Puasa memang ibadah yang amat istimewa. Hikmah dan kebajikannya bersifat multidimensional. Tak hanya moral dan spiritual, tetapi juga sosial. Puasa tak hanya membentuk kesalehan pribadi (individual), tetapi juga sekaligus kesalehan sosial.

Puasa memiliki dua semangat yang sangat baik dilihat dari perspektif pendidikan akhlak. Pertama semanagat pencegahan (kaffun wa tarkun) dari hal-hal yang destruktif (al-muhlikat) . Semangat yang pertama ini menjadi basis kesalehan individual.

Lalu kedua, semangat pengembangan alias motivasi dan dukungan (hatstsun wa ‘amalun) terhadap hal-hal yang memuliakan, konstruktif atau dalam bahasa Imam Ghazali, dukungan terhadap hal-hal yang menyelamatkan manusia (hatstsun ila al-munjiyat). Semangat yang kedua ini menjadi pangkal kepedulian sosial yang pada gilirannya membentuk kesalehan sosial.

Dimensi sosial dalam ibadah puasa sangat kentara ditilik dari beberapa hal. Pertama, orang puasa harus menahan diri dari rasa haus dan lapar. Ini merupakan latihan agar kita mampu mengendalikan diri dari dorongan syahwat yang berpusat di perut (syahwat-bathn).Ia juga merupakan sarana agar kita bisa berempati kepada orang-orang miskin. Orang yang tidak pernah lapar, ia tidak bisa berempati kepada orang lain. Mungkin itu sebabnya, ketika Malaikat Jibril menawarkan kepada Rosulullah SAW kekayaan berlimpah (bukit emas), beliau menolaknya seraya berkata: “Biarlah aku kenyang sehari dan lapar sehari.”

Penting diketahui, Lapar itu ada dua macam, yaitu lapar biologis dan lapar psikologis. Lapar biologis lekas sembuh dengan makan. Lapar psikologis, seperti lapar kekuasaan, kehormatan, dan kekayaan tak gampang disembuhkan.
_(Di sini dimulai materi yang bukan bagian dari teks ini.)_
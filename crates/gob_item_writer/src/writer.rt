//! A writer of items that are given as nodes.

ghost use Rattle.std.specs.Prelude.{◌≡◌, ℕ, List, [], IfErr, IfOk};
ghost use Rattle.gob_num.specs.Unsigned.{AreBytes};
ghost use Rattle.gob_types.specs.Base.{base_table};
ghost use Rattle.gob_types.specs.Defined.{types};
ghost use Rattle.gob_types.specs.Definable.{IsDefinable};
ghost use Rattle.gob_types.specs.Table as known;
ghost use Rattle.gob_value.specs.Described.{described};
ghost use Rattle.gob_stream.specs.Bounds.{within_trees};
ghost use Rattle.gob_filled.specs.Filled.{Filled, SpellsFilled};
ghost use Rattle.gob_filled.specs.Stream.{FilledItem, defining, putting};
ghost use Rattle.gob_filled_writer.specs.Writing.{HasFailed, HasWritten as HasWrittenItems};
ghost use Rattle.gob_item_writer.specs.Writing.{DefineAnswers, HasWritten, IsOfType, PutAnswers};
ghost use Rattle.gob_item_writer.specs.Writing.{SaysTooMuch, StaysFailed, WritesItem, WritesNothing, waiting};

use crate::fault::ItemFault;
use gob_filled_writer::FilledWriter;
use gob_nodes::{Nodes, shape_of_nodes, size_of_bytes, spell_nodes};
use gob_num::Memory;
use gob_stream::{Limits, Output, WriteFault, judge_type};
use gob_types::{Reason, Shape, Table, TypeId};
use std::alloc::Global;
use std::mem::replace;

/// A writer of one stream of Go's encoder, each of whose items is given as nodes. What it writes waits until it is
/// taken.
pub struct ItemWriter {
    // Its types are those by which values are read.
    stream: FilledWriter,
    // Its limits, of which that for depth is no greater than 1000.
    limits: Limits,
    // What is written, without what was taken.
    waiting: Vec<u8>,
}

// Not derived, so that a drop is one call in the proofs of what owns one.
impl Drop for ItemWriter {
    fn drop(self) {
        let ItemWriter {
            stream: _,
            limits: _,
            waiting: _,
        } = self;
    }
}

impl ItemWriter {
    /// A writer that has written nothing, and keeps to these limits. No value may be deeper than `limits.depth()` or
    /// than 1000.
    pub fn new(alloc: Global, limits: Limits) -> Result<ItemWriter, Memory>
        ensures nothing { IfOk result (λ writer. HasWritten writer [] [] base_table) }
        ensures limits { IfOk result (λ writer. writer.stream.limits ≡ limits) }
        ensures waits { IfOk result (λ writer. waiting writer ≡ []) }
    {
        Ok(ItemWriter {
            stream: FilledWriter::new(alloc, limits)?,
            limits: limits.up_to(Limits::GREATEST_DEPTH),
            waiting: Vec::new(alloc),
        })
    }

    /// Writes the definition of the type that the nodes say. `ItemFault` says what each fault leaves.
    pub fn define(&mut self, alloc: Global, id: TypeId, given: Nodes<'_>) -> Result<(), ItemFault>
        ensures defines { (items : List FilledItem) (bytes : List ℕ) (T : known.Table)
            → HasWritten self.old items bytes T
            → DefineAnswers self.old self.new items bytes T id given.entry.nodes.now given.entry.bytes.now result }
        ensures stays { HasFailed self.old.stream → StaysFailed self.old self.new result }
    {
        self.admit(given, true)?;
        let shape = shape_of_nodes(alloc, given)?;
        Ok(self.write_definition(alloc, id, shape)?)
    }

    /// Writes the value of the type that the nodes say, with what its interfaces hold. `ItemFault` says what each fault
    /// leaves.
    pub fn put(&mut self, alloc: Global, id: TypeId, given: Nodes<'_>) -> Result<(), ItemFault>
        ensures puts { (items : List FilledItem) (bytes : List ℕ) (T : known.Table)
            → HasWritten self.old items bytes T
            → PutAnswers self.old self.new items bytes T id given.entry.nodes.now given.entry.bytes.now result }
        ensures stays { HasFailed self.old.stream → StaysFailed self.old self.new result }
    {
        judge(alloc, self.stream.table(), id)?;
        self.admit(given, false)?;
        let mut body = Vec::new(alloc);
        let depth = self.limits.depth();
        spell_nodes(alloc, self.stream.table(), id, depth, given, &mut body)?;
        Ok(self.write_value(alloc, id, &body)?)
    }

    /// What is written and waits to be taken.
    pub fn waiting(&self) -> &[u8]
        ensures { result.now ≡ waiting self.now }
    {
        self.waiting.as_slice()
    }

    /// Takes what waits.
    pub fn pass(&mut self)
        ensures taken { waiting self.new ≡ [] }
        ensures stream { self.new.stream ≡ self.old.stream }
        ensures limits { self.new.limits ≡ self.old.limits }
    {
        self.waiting.clear();
    }

    // Whether the nodes say no more bytes than an item may have.
    fn admit(&self, given: Nodes<'_>, defines: bool) -> Result<(), WriteFault>
        ensures { IfErr result (λ f. (f ≡ WriteFault.Refused Reason.ItemTooLong)
            × SaysTooMuch self.now defines given.entry.nodes.now) }
    {
        if size_of_bytes(given.nodes, defines) > self.limits.item() {
            return Err(WriteFault::Refused(Reason::ItemTooLong));
        }
        Ok(())
    }

    // Writes the definition of the type by its shape.
    fn write_definition(
        &mut self,
        alloc: Global,
        id: TypeId,
        shape: Shape,
    ) -> Result<(), WriteFault>
        requires { IsDefinable shape }
        ensures writes { (items : List FilledItem) (bytes : List ℕ) (T : known.Table)
            → HasWrittenItems self.old.stream items bytes T
            → WritesItem self.old self.new items bytes T (defining id (described id shape)) result }
        ensures stays { HasFailed self.old.stream → WritesNothing self.old self.new result }
    {
        let before = self.waiting.len();
        let mut output = Output::new(replace(&mut self.waiting, Vec::new(alloc)));
        let answer = self.stream.define(alloc, &mut output, id, shape);
        self.waiting = output.into_inner();
        if answer.is_err() {
            self.waiting.truncate(before);
        }
        answer
    }

    // Writes the value of the type by its bytes.
    fn write_value(&mut self, alloc: Global, id: TypeId, body: &[u8]) -> Result<(), WriteFault>
        ensures writes { (items : List FilledItem) (bytes : List ℕ) (T : known.Table) (value : Filled)
            → HasWrittenItems self.old.stream items bytes T → let L = within_trees self.old.stream.limits in
            SpellsFilled base_table L T id L.depth value body.now T
            → WritesItem self.old self.new items bytes T (putting id value) result }
        ensures stays { HasFailed self.old.stream → WritesNothing self.old self.new result }
        ensures holds { AreBytes body.now }
    {
        let before = self.waiting.len();
        let mut output = Output::new(replace(&mut self.waiting, Vec::new(alloc)));
        let answer = self.stream.put(alloc, &mut output, id, body);
        self.waiting = output.into_inner();
        if answer.is_err() {
            self.waiting.truncate(before);
        }
        answer
    }
}

// Whether values of the type may come now.
fn judge(alloc: Global, table: &Table, id: TypeId) -> Result<(), WriteFault>
    ensures { IfErr result (IsOfType (types table.now) id) }
{
    Ok(judge_type(alloc, table, id)?)
}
Puasa bisa menyembuhkan kedua macam lapar itu, sehingga kita bisa terbebas dari penyakit vested interest, untuk selanjutnya lebih peduli dan sadar akan kebutuhan orang lain (sosial).

Kedua, orang yang puasa disuruh banyak berderma. Rosul SAW menyebut, bulan puasa sebagai Syahr al-Muwasah atau bulan kepedulian sosial. Rosulullah SAW merupakan orang yang paling banyak berderma. Melebihi angin barat (HR. Hakim dari Aisyah).

Ketiga, pada penghujung puasa kita disuruh mengeluarkan zakat fitrah, di luar zakat mal. Kewajiban ini sekan melengkapi dimensi sosial puasa. Karena tanpa zakat, pahala puasa kita belum sampai kepada Allah SWT.

Di luar semua itu, puasa melatih dan mendidik kita agar menjadi manusia bermental giver (pemberi) bukan taker (peminta-minta). Orang puasa sejatinya sedang meneladani sifat Allah. Sejalan dengan doktrin “Takhallaqu bi aklaq Allah”. Allah SWT adalah Tuhan yang Maha Pengasih lagi Maha Penyayang. Rosul Muhammad SAW juga demikian.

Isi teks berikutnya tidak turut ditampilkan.